In a comprehensive comparison, the proposed method is a coastline extraction algorithm based on minimal manual interaction, which definitely used less computational resources than the method based on SSM. Our method first performs an upfront calculation of the complexity of the scene, in addition to extracting the initial ROI using manual annotation and subsequent matching. These three steps are time-consuming but greatly reduce the region to be searched in the specific edge extraction phase, which can save some time. Moreover, for conventional EDTSM-like-method algorithms, which take the least amount of time, our method is able to obtain more accurate edge information, which is of the utmost importance. Therefore, for a USV with a long navigation time, the method in this paper can help obtain relatively accurate information about the horizon line in real time.
6. Conclusions
We proposed a horizon line detection method based on minimal manual interaction, which specifically includes evaluating the complexity of the navigation scene using the ASM parameters of GLCM. For highly complex scenes, we use manual interactions to dynamically extract the ROI in the initialization phase of the method, and then use key feature points to match the ROI in the next image frame as a way to continuously exclude the interference of the complex background environment. We then use Zernike moments to extract the edge features of the current ROI, and finally use the method of least squares to linearly fit all the lower edge feature points to the horizon line. To evaluate the effectiveness of our method, comparative experiments were designed for navigation scenarios of different complexities, also quantitative comparisons were conducted between this paper and the conventional EDTSMs and SSMs. Our experiments show that this method has the potential to be applied to the autonomous navigation and control of USVs.
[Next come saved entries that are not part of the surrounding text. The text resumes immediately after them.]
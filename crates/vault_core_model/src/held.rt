//! Which entries are held.
ghost use Rattle.std.specs.Prelude.{◌≡◌};
ghost use Rattle.vault_core_model.specs.Places.{is_held_at};

use crate::records::Entry;
use vault_base::name::{BucketName, ObjectKey};

/// Whether the entry is held in that bucket, under that key.
pub fn is_held_at(bucket: &BucketName, key: &ObjectKey, entry: &Entry) -> bool
    ensures { result ≡ is_held_at bucket.now key.now entry.now }
{
    entry.bucket == *bucket && entry.key == *key && entry.removal.is_none()
}
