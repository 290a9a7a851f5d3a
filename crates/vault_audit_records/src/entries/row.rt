//! The check of rows of `entries`: they state entries, none after the last moment.
ghost use Rattle.std.specs.Prelude.{◌↔◌, IsTrue};
ghost use Rattle.vault_core_model.specs.Sound.{LiesBetween};
ghost use Rattle.vault_audit_model.specs.Relations.{IsPast};

use crate::row_check::refused;
use sqlite::{Error, Row};
use vault_audit_rows::check::Check;
use vault_audit_rows::records::read_entry;
use vault_base::moment::Moment;
use vault_core_model::records::{Entry, Removal};

/// The check of single rows of `entries`.
#[derive(Drop)]
pub struct EntryCheck {
    /// Whether the vault may register contents that are kept outside.
    pub external: bool,
    /// The last moment.
    pub last: Moment,
}

/// Whether a removal, where there is one, lies from one moment to another.
fn lies_between(admitted: Moment, last: Moment, removal: &Option<Removal>) -> bool
    ensures { IsTrue result ↔ LiesBetween admitted last removal.now }
{
    match removal {
        None => true,
        Some(removal) => admitted <= removal.at && removal.at <= last,
    }
}

/// Whether an entry was admitted, and removed if it was, by the last moment and in that order.
fn is_past(last: Moment, entry: &Entry) -> bool
    ensures { IsTrue result ↔ IsPast last entry.now }
{
    entry.admitted <= last && lies_between(entry.admitted, last, &entry.removal)
}

impl Check for EntryCheck {
    ghost use Rattle.vault_audit_model.specs.Rows.{entry_row};
    ghost use Rattle.vault_audit_rows.specs.Records.{ReportsOne};
    ghost use Rattle.vault_audit_records.specs.Entries.{IsEntryBy};

    ghost takes = { λ c. ReportsOne entry_row (IsEntryBy c.external c.last) };

    #[tactic(auto, using(crate::proofs::EntryLemmas::as_past))]
    fn is_passed_by(&self, row: &Row) -> Result<bool, Error> {
        match read_entry(row, self.external) {
            Ok(entry) => Ok(is_past(self.last, &entry)),
            Err(misread) => refused(misread),
        }
    }
}
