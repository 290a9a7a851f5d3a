//! Why a command stops short of its answer.
ghost use Rattle.std.specs.Prelude.{◌≡◌};
ghost use Rattle.vault_core_model.specs.declared.halt.Fault.TheVariants as faults;
ghost use Rattle.vault_core_model.specs.declared.halt.Halt.TheVariants as halts;

use std::alloc::{AllocError, AllocFailed};
use thiserror::Error;
use vault_base::refusal::Refusal;

/// What keeps a keeper from answering.
#[derive(Clone, Copy, Debug, PartialEq, Eq, Error)]
pub enum Fault {
    /// No memory was left for a growth.
    #[error("out of memory")]
    Memory,
    /// The device failed.
    #[error("the device failed")]
    Device,
}

/// Why a command stops short of its answer: a check failed, or a fault came.
#[derive(Clone, Copy, Debug, PartialEq, Eq, Error)]
pub enum Halt {
    #[error(transparent)]
    Fault(Fault),
    #[error("{}", .0.name())]
    Refused(Refusal),
}

impl From<AllocError> for Fault {
    ghost from_gives = { λ _ e. e ≡ faults.Memory };

    fn from(_: AllocError) -> Fault {
        Fault::Memory
    }
}

impl<T: Drop> From<AllocFailed<T>> for Fault {
    ghost from_gives = { λ _ e. e ≡ faults.Memory };

    fn from(_: AllocFailed<T>) -> Fault {
        Fault::Memory
    }
}

impl From<AllocError> for Halt {
    ghost from_gives = { λ _ e. e ≡ halts.Fault faults.Memory };

    fn from(_: AllocError) -> Halt {
        Halt::Fault(Fault::Memory)
    }
}

impl<T: Drop> From<AllocFailed<T>> for Halt {
    ghost from_gives = { λ _ e. e ≡ halts.Fault faults.Memory };

    fn from(_: AllocFailed<T>) -> Halt {
        Halt::Fault(Fault::Memory)
    }
}

impl From<Fault> for Halt {
    ghost from_gives = { λ f e. e ≡ halts.Fault f };

    fn from(fault: Fault) -> Halt {
        Halt::Fault(fault)
    }
}

impl From<Refusal> for Halt {
    ghost from_gives = { λ r e. e ≡ halts.Refused r };

    fn from(refusal: Refusal) -> Halt {
        Halt::Refused(refusal)
    }
}
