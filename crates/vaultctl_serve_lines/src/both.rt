//! A server with two doors: requests at a port, and lines at another or at a path.
ghost use Rattle.std.specs.Prelude.{◌≡◌, None, IfOk, OnErr, OnOk};
ghost use Rattle.vault_core_model.specs.Step.{Reached};
ghost use Rattle.vault_core.specs.Hearing.{HearsAll};
ghost use Rattle.vault_core_model.specs.LeavesMany.{LeavesNoLess};
ghost use Rattle.vaultctl_serve.specs.Serving.{ReportsOnce, Stepped};
ghost use Rattle.vaultctl_log.specs.Logging.{IsLogged};
ghost use Rattle.vaultctl_serve_lines.specs.Doors.{LogsInTurns, ServedInTurns};
ghost use Rattle.vaultctl_serve_lines.specs.Troubles.{LogsUntaken};
ghost use Rattle.vaultctl_serve_lines_answers.specs.Closing.{IsEnded};

use crate::door_reporter::DoorReporter;
use crate::fault::DoorFault;
use crate::line_door::LineListener;
use crate::place::LinePlace;
use crate::turns::{Server, serve_doors};
use crate::two_doors::TwoDoors;
use std::alloc::Global;
use std::fs::Files;
use std::io::{self, Stderr};
use std::net::{Ipv4Addr, Net, TcpListener, TcpStream};
use std::time::Clock;
use vault_core::hearing::Hears;
use vault_core_model::keeper::Keeper;
use vault_http::Hosts;
use vaultctl_serve::clock::now;
use vaultctl_serve_lines_answers::line::Next;
use vaultctl_serve_lines_answers::service::Service;

/// What is served, where, and by which program.
#[derive(Clone, Copy)]
pub struct Places<'a> {
    /// The vault's file.
    pub file: &'a str,
    /// The port of requests.
    pub port: u16,
    /// Where lines come in.
    pub lines: LinePlace<'a>,
    /// The hosts that requests may be for.
    pub hosts: &'a Hosts,
    /// The version of the program, which it says where it is asked how things are.
    pub version: &'static str,
    /// Where memory is taken from.
    pub alloc: Global,
    /// How many requests and lines are served.
    pub count: u32,
}

/// The listener of requests, at which no accept waits.
fn request_listener<R: Net<Stream = TcpStream, Listener = TcpListener>>(
    rt: &R,
    port: u16,
) -> io::Result<TcpListener> {
    let listener = TcpListener::bind(rt, (Ipv4Addr::LOCALHOST, port))?;
    listener.set_nonblocking(true)?;
    Ok(listener)
}

/// The listener of requests and that of lines, at neither of which an accept waits.
fn listen<R: Net<Stream = TcpStream, Listener = TcpListener> + Files>(
    rt: &R,
    places: Places<'_>,
) -> Result<(TcpListener, LineListener), DoorFault> {
    let Ok(requests) = request_listener(rt, places.port) else {
        return Err(DoorFault::Requests);
    };
    let Ok(lines) = LineListener::at(rt, places.lines) else {
        return Err(DoorFault::Lines);
    };
    Ok((requests, lines))
}

/// What a server says of itself that begins now.
fn service_from<R: Clock>(rt: &R, places: Places<'_>) -> Service {
    Service {
        alloc: places.alloc,
        version: places.version,
        since: now(rt),
    }
}

/// Serves requests and lines, one after another, as many as are counted, or up to the line that asks for the end: answers
/// which of these it was. It ends too after the command after which who hears lets no more be carried out; that is answered
/// as if all were served.
///
/// That it listens at both doors is reported first, and that the vault's device failed is reported once, when it first
/// does. Where there is a log, it gets a line of what became of each request and each line. `Requests` and `Lines` come
/// where nobody can listen at that door. No fault of a connection, of the device or of the log ends it.
pub fn serve_with_lines<
    R: Net<Stream = TcpStream, Listener = TcpListener> + Files + Clock,
    K: Keeper,
    H: Hears,
    T: DoorReporter,
>(
    rt: &R,
    keeper: &mut K,
    hears: &mut H,
    places: Places<'_>,
    reporter: &mut T,
    log: &mut Option<Stderr>,
) -> Result<Next, DoorFault>
    ensures stepped { K.is_honest keeper.new → Stepped places.entry.count (K.vault keeper.old) (K.vault keeper.new) }
    // Commands led to the vault, and each was heard of with its reply, while who hears let it be carried out.
    ensures heard { K.is_honest keeper.new → HearsAll H.going H.hears hears.old hears.new (K.vault keeper.old) (K.vault keeper.new) }
    ensures reached { K.is_honest keeper.new → Reached (K.vault keeper.old) → Reached (K.vault keeper.new) }
    // Only a caller with the right to administer ends it.
    ensures end { IfOk result (λ next. next ≡ Next.End → K.is_honest keeper.new → IsEnded (K.vault keeper.new)) }
    ensures err { OnErr result (K.vault keeper.new ≡ K.vault keeper.old) }
    // That it listens is reported first, and then, once, that the device failed where it did.
    ensures reported { OnOk result ((between : T) × T.listens_at_both reporter.old places.entry.file.now places.entry.port between
        × ReportsOnce T.fails (K.count keeper.old) (K.count keeper.new) between reporter.new) }
    // Where it can't listen nothing is reported, and nothing is logged.
    ensures unreported { OnErr result (reporter.new ≡ reporter.old) }
    ensures unlogged { OnErr result (log.new ≡ log.old) }
    // Each request and each line that was taken has one line in the log, and so has what couldn't be taken.
    ensures logged { IfOk result (λ next. ServedInTurns next (H.going hears.new) places.entry.count
        (λ turns n. LogsInTurns (λ _. None) (LogsUntaken (λ _. None)) (IsLogged (λ _. None)) turns n log.old log.new)) }
    ensures leaves { LeavesNoLess K.Kept keeper.old keeper.new }
{
    let (requests, lines) = match listen(rt, places) {
        Ok(listeners) => listeners,
        Err(fault) => return Err(fault),
    };
    reporter.listening_at_both(places.file, places.port, places.lines);
    let service = service_from(rt, places);
    let mut doors = TwoDoors {
        clock: rt,
        alloc: places.alloc,
        requests: &requests,
        lines: &lines,
        hosts: places.hosts,
        log: log.take(),
        talk: None,
        line_was_last: false,
    };
    let server = Server {
        clock: rt,
        service: &service,
    };
    let ended = serve_doors(&server, &mut doors, keeper, hears, places.count, reporter);
    *log = doors.log;
    Ok(ended)
}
Our method partially solves the problem of horizon extraction in complex environments but has some shortcomings. At present, the anti-interference and stability of our approach are poor in some extreme or unexpected situations. For example, during the long-term navigation of a USV, the front camera is frequently disturbed by water splashes, resulting in unclear images and failure of the dynamic region-matching algorithm to converge, leading to the failure of the horizon line extraction. In addition, as the endurance mileage of USV becomes longer, errors in the horizon line extracted by the linear fitting algorithm at the early stage may accumulate, requiring manual correction during the journey. The above two aspects are the main shortcomings of our method. In the future, we will focus on improving the anti-interference and stability of our approach. Specifically, we will concentrate on improving the hardware part of the image acquisition device to address the problem of susceptibility to water splash disturbance, and explore new discrete point-fitting methods to improve the long-term stability of the algorithm.